Search the records below for the word "ticks", then return every line where it appears.
==== Material provided ====
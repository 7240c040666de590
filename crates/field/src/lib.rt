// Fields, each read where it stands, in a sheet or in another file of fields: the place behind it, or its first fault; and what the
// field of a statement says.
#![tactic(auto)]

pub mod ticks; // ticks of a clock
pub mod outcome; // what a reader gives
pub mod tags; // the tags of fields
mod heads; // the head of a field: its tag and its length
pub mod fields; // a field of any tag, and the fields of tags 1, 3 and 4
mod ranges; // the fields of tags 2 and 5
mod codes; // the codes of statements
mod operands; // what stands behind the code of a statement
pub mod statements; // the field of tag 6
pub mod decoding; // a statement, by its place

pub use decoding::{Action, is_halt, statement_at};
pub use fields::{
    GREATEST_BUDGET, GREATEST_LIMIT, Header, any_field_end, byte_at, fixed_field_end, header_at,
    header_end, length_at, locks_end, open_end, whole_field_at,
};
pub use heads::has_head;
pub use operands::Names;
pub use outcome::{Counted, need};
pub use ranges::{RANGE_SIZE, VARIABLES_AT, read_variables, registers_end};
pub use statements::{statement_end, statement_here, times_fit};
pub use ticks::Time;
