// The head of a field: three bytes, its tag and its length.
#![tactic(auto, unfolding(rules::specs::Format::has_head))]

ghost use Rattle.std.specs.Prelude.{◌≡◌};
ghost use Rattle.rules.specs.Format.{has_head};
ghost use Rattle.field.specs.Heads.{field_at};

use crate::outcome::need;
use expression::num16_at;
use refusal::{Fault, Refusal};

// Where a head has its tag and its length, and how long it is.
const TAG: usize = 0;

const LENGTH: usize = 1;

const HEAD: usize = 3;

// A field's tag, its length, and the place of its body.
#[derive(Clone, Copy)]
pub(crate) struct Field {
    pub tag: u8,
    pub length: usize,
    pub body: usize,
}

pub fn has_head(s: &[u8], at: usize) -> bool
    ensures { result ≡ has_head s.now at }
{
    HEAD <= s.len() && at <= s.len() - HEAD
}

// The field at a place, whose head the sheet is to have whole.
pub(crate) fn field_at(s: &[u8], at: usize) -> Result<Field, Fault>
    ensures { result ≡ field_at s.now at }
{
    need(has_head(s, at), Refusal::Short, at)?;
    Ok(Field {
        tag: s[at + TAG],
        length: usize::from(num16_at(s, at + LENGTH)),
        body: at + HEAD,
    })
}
====
==== Material provided ====
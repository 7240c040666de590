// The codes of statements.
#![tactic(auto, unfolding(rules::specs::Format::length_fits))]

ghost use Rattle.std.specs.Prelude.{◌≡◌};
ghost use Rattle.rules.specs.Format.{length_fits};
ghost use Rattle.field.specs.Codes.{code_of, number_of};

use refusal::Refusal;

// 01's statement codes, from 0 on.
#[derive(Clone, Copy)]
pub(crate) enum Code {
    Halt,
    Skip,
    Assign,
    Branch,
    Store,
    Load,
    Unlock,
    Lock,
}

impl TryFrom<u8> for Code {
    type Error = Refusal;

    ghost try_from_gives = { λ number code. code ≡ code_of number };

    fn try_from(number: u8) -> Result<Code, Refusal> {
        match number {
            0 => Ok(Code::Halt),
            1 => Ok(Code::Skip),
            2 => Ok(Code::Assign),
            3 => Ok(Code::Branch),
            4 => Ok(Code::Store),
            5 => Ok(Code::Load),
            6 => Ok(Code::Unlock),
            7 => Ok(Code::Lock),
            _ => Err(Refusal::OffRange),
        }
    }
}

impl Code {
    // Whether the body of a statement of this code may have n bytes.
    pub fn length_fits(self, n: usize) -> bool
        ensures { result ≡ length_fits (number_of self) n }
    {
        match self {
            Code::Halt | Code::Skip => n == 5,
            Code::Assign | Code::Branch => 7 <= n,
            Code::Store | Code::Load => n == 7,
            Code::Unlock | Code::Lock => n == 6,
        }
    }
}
====
§ **Output for this task**:
pub mod ticks; // ticks of a clock
pub use ticks::Time;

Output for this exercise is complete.